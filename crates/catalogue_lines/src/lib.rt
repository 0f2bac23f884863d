// The print of a catalogue's figures. Each function writes a text at a place of the buffer and answers the place behind it. What lies past the
// buffer's end is left out; that in the program nothing is, `Printed` shows (catalogue/specs).
#![tactic(auto)]

ghost use Rattle.std.specs.Prelude.{◌<◌, ◌≤◌, length};
ghost use Rattle.text_put.specs.Put.{Puts, PutsWithin};
ghost use Rattle.catalogue_lines.specs.Figures.{count_line, pair_text, number_line, number_lines, won_line, figures_print, figures_bytes};

use catalogue_tally::Tally;

// The bytes of a text.
fn put_text(buffer: &mut [u8], at: usize, text: &[u8]) -> usize
    ensures { Puts buffer.old at text.now result buffer.new }
{
    let mut to = at;
    for k in 0..text.len() {
        let b = text[k];
        to = text_put::put_byte(buffer, to, b);
    }
    to
}

// (system N), (environment N), (refused N), by the word w.
fn put_count(buffer: &mut [u8], at: usize, w: usize, n: usize) -> usize
    requires { w < 10 }
    ensures { Puts buffer.old at (count_line w n) result buffer.new }
{
    let a = text_put::put_opening(buffer, at, w);
    let b = text_put::put_number_then(buffer, a, n, b')');
    text_put::put_byte(buffer, b, b'\n')
}

// Two decimal numbers, the closing bracket and the line's end.
fn put_pair(buffer: &mut [u8], at: usize, m: usize, n: usize) -> usize
    ensures { Puts buffer.old at (pair_text m n) result buffer.new }
{
    let a = text_put::put_number_then(buffer, at, m, b' ');
    let b = text_put::put_number_then(buffer, a, n, b')');
    text_put::put_byte(buffer, b, b'\n')
}

// (number R N); no byte where the number was not met.
fn put_number_line(buffer: &mut [u8], at: usize, r: usize, n: usize) -> usize
    ensures { Puts buffer.old at (number_line r n) result buffer.new × (length (number_line r n) ≤ 60) }
{
    if n == 0 {
        return at;
    }
    let a = put_text(buffer, at, b"(number ");
    put_pair(buffer, a, r, n)
}

// (won W P).
fn put_won(buffer: &mut [u8], at: usize, w: usize, p: usize) -> usize
    ensures { Puts buffer.old at (won_line w p) result buffer.new }
{
    let a = put_text(buffer, at, b"(won ");
    put_pair(buffer, a, w, p)
}

// The lines of the numbers that were met.
fn put_numbers(buffer: &mut [u8], at: usize, numbers: &[usize; 256]) -> usize
    ensures { Puts buffer.old at (number_lines 256 0 numbers.now) result buffer.new
        × (length (number_lines 256 0 numbers.now) ≤ 15360) }
{
    let mut to = at;
    for r in 0..256 {
        let n = numbers[r];
        to = put_number_line(buffer, to, r, n);
    }
    to
}

// The print of a tally.
pub fn put_figures(buffer: &mut [u8], t: Tally) -> usize
    ensures { PutsWithin figures_bytes buffer.old (figures_print t) result buffer.new }
{
    let numbers = t.numbers;
    let a = put_count(buffer, 0, 8, t.system);
    let b = put_count(buffer, a, 9, t.environment);
    let c = put_count(buffer, b, 7, t.refused);
    let d = put_numbers(buffer, c, &numbers);
    put_won(buffer, d, t.won, t.positions)
}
━━━━━━━━━━━━━━━━
--- What is being asked ---
Show every line in the listing above that carries the word "numbers".

--- Answer section ---
// Two decimal numbers, the closing bracket and the line's end.
// The lines of the numbers that were met.
fn put_numbers(buffer: &mut [u8], at: usize, numbers: &[usize; 256]) -> usize
    ensures { Puts buffer.old at (number_lines 256 0 numbers.now) result buffer.new
        × (length (number_lines 256 0 numbers.now) ≤ 15360) }
        let n = numbers[r];
    let numbers = t.numbers;
    let d = put_numbers(buffer, c, &numbers);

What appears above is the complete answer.